42. The method of claim 33 and further comprising: providing the first cells in a healthy monolayer; exposing the first cells to a concentration of a sample; and providing the second cells in a healthy monolayer; exposing the second cells to a concentration of a sample; and comparing the CPE associated with the first cells to the CPE associated with the second cells.

43. The method of claim 42, wherein the sample exposed to the first cells is different than the sample exposed to the second cells.

44. The method of claim 43, wherein the sample exposed to the cells is a soil, a water, a food, or an animal tissue sample.

45. The method of claim 43, wherein the sample exposed to the first cells is obtained from a first geographical region and the sample exposed to the second cells is obtained from a second geographical region.

46. The method of claim 45, wherein the sample exposed to the cells is a soil, a water, a food, or an animal tissue sample.

47. The method of claim 45, wherein the first cells are of a different cell type than the

second cells.

48. The method of claim 42, wherein the first cells are exposed to a first concentration of a sample and the second cells are exposed to a second concentration of the same sample.

49. The method of claim 33 and further comprising: providing second cells in culture; comparing the CPE associated with the first cells to the CPE associated with the second cells.

50. The method of claim 49, wherein the first cells are of a different cell type than the second cells.

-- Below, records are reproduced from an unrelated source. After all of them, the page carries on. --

//! Why a session with a debugger ends, or there is none.
ghost use Rattle.std.specs.Prelude.{◌≡◌};

use ckrt_gdb_forms::Full;
use ckrt_gdb_history::HistoryFault;
use std::alloc::AllocError;
use thiserror::Error;

/// Why a session with a debugger ends before the debugger leaves, or why there is none.
#[derive(Clone, Copy, Debug, Drop, PartialEq, Eq, Error)]
pub enum DebugFault {
    /// The reader failed, or was read 2^64 - 1 times.
    #[error("Read")]
    Read,
    /// The writer failed.
    #[error("Write")]
    Write,
    /// An event isn't accepted at its turn, or they don't come through the run's stage.
    #[error("Refused: an event of the run isn't accepted at its turn, or they lead elsewhere")]
    Refused,
    /// There is no position with so many events done.
    #[error("Range: the run has no position with so many events done")]
    Range,
    /// A growth of memory was refused.
    #[error("OutOfMemory")]
    OutOfMemory,
}

impl From<HistoryFault> for DebugFault {
    ghost use Rattle.ckrt_gdb_stub.specs.declared.fault.DebugFault.TheVariants.{Refused};

    ghost from_gives = { λ _ e. e ≡ Refused };

    fn from(fault: HistoryFault) -> Self {
        match fault {
            HistoryFault::Refused => DebugFault::Refused,
        }
    }
}

impl From<AllocError> for DebugFault {
    ghost use Rattle.ckrt_gdb_stub.specs.declared.fault.DebugFault.TheVariants.{OutOfMemory};

    ghost from_gives = { λ _ e. e ≡ OutOfMemory };

    fn from(_error: AllocError) -> Self {
        DebugFault::OutOfMemory
    }
}
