/// Why a file can't be used.
const REASONS_OF_FILES: &[Unusable] = &[
    (
        FileFault::NoFolder,
        "the disk d: its folder is missing; make it, or give another path\nckrt: File\n",
    ),
    (
        FileFault::IsTaken,
        "the disk d: something has this path already; move that away, or give another path\nckrt: File\n",
    ),
    (
        FileFault::NotWritable,
        "the disk d: no file can be made in its folder; see to its permissions, or give another path\nckrt: File\n",
    ),
    (
        FileFault::IsImage,
        "the disk d: the image has this path too\nckrt: File\n",
    ),
    (
        FileFault::IsElf,
        "the disk d: it is an ELF file: guest/image, or objcopy -O binary, makes an image of it\nckrt: File\n",
    ),
    (
        FileFault::NoWords,
        "the disk d: it takes no words: build it by guest/build, without words or files of its own, or leave out -- and --env\nckrt: File\n",
    ),
    (
        FileFault::LongWords,
        "the disk d: with its words it is longer than the largest guest's memory; give fewer or shorter ones\nckrt: File\n",
    ),
    (
        FileFault::IsDisk,
        "the disk d: the disk has this path too; give another\nckrt: File\n",
    ),
    (
        FileFault::IsInput,
        "the disk d: the input has this path too; give another\nckrt: File\n",
    ),
    (
        FileFault::IsOutput,
        "the disk d: the output has this path too; give another\nckrt: File\n",
    ),
    (
        FileFault::IsHistory,
        "the disk d: the history has this path too; give another\nckrt: File\n",
    ),
    (
        FileFault::IsADirectory,
        "the disk d: it is a directory\nckrt: File\n",
    ),
    (
        FileFault::NotAFile,
        "the disk d: it isn't a plain file, and can't be written by offset; without --output the bytes are printed\nckrt: File\n",
    ),
    (
        FileFault::NotAnInput,
        "the disk d: it isn't a plain file, and can't be read by offset; put its bytes into a file, and give that\nckrt: File\n",
    ),
    (
        FileFault::NoLength,
        "the disk d: the system tells no length of it, and it has bytes; copy them into a plain file, and give that\nckrt: File\n",
    ),
    (
        FileFault::PermissionDenied,
        "the disk d: permission denied\nckrt: File\n",
    ),
    (
        FileFault::InUse,
        "the disk d: another program has it locked\nckrt: File\n",
    ),
    (
        FileFault::StorageFull,
        "the disk d: no space is left for it\nckrt: File\n",
    ),
    (
        FileFault::ReadOnly,
        "the disk d: its file system is read-only\nckrt: File\n",
    ),
    (
        FileFault::NotADisk,
        "the disk d: it is no disk, and is unchanged; move it away, or give another path\nckrt: NotADisk\n",
    ),
    (
        FileFault::NotInMaking,
        "the disk d: it is no disk in the making, and is unchanged; move it away, then give the command again\nckrt: File\n",
    ),
    (
        FileFault::NotAStatus,
        "the disk d: it is no status of a drive, and is unchanged; move it away, or give another path\nckrt: File\n",
    ),
    (
        FileFault::NotANewStatus,
        "the disk d: what has this path with .new behind it is no status, and is unchanged; move it away, or give another path\nckrt: File\n",
    ),
    (
        FileFault::NotACore,
        "the disk d: it is no core, and is unchanged; move it away, or give another path\nckrt: File\n",
    ),
    (
        FileFault::NotInWriting,
        "the disk d: what has this path with .making behind it is no core, and is unchanged; move it away, then give the command again\nckrt: File\n",
    ),
    (
        FileFault::Unwritten,
        "the disk d: a write or sync of it failed; look after its device, then give the command again\nckrt: File\n",
    ),
    (
        FileFault::IsThere,
        "the disk d: something has the disk's path meanwhile; look at it, then give the command again\nckrt: File\n",
    ),
    (
        FileFault::OutOfMemory,
        "the disk d: the system refused memory\nckrt: OutOfMemory\n",
    ),
    (
        FileFault::StreamClosed,
        "the disk d: a standard stream is closed\nckrt: File\n",
    ),
    (
        FileFault::Other,
        "the disk d: it can't be opened, read or filled\nckrt: File\n",
    ),
];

51. The method of claim 50, wherein the first cells are obtained from a first geographical area and the second cells are obtained from a second geographical area.

52. The method of claim 49, wherein the cells are obtained from animal tissue samples.

53. The method of claim 52, wherein the animal tissue samples are obtained from: a bird, a pig, or a cow.

54. The method of claim 52, wherein the animal tissue samples are obtained from one or more animals of a type that is used for human consumption.

55. The method of claim 52, wherein at least one animal tissue sample is human.

56. A method of measuring an apoptotic rate in cells, comprising: providing cells in culture; using ECIS to measure a resistance of current associated with the cells; and correlating the change in the resistance of current over time to the apoptotic rate.

57. The method of claim 56 and further comprising: identifying the cells as being infected with a disease-causing agent or pathogen when the apoptotic rate is above a predetermined level.

58. The method of claim 57 and further comprising treating the cells with a candidate treatment agent; and identifying the candidate agent as an effective treatment agent when there is a reduction in the apoptotic rate following treatment with the agent.

59. The method of claim 56 and further comprising: providing the cells in a healthy monolayer of cells; and insulting the healthy monolayer of cells with a disease-causing agent or pathogen.

60. The method of claim 59 and further comprising treating the cells with a candidate treatment agent; and identifying the candidate agent as an effective treatment agent when there is a reduction in the apoptotic rate following treatment with the agent, or the apoptotic rate associated with the cells is below a predetermined level.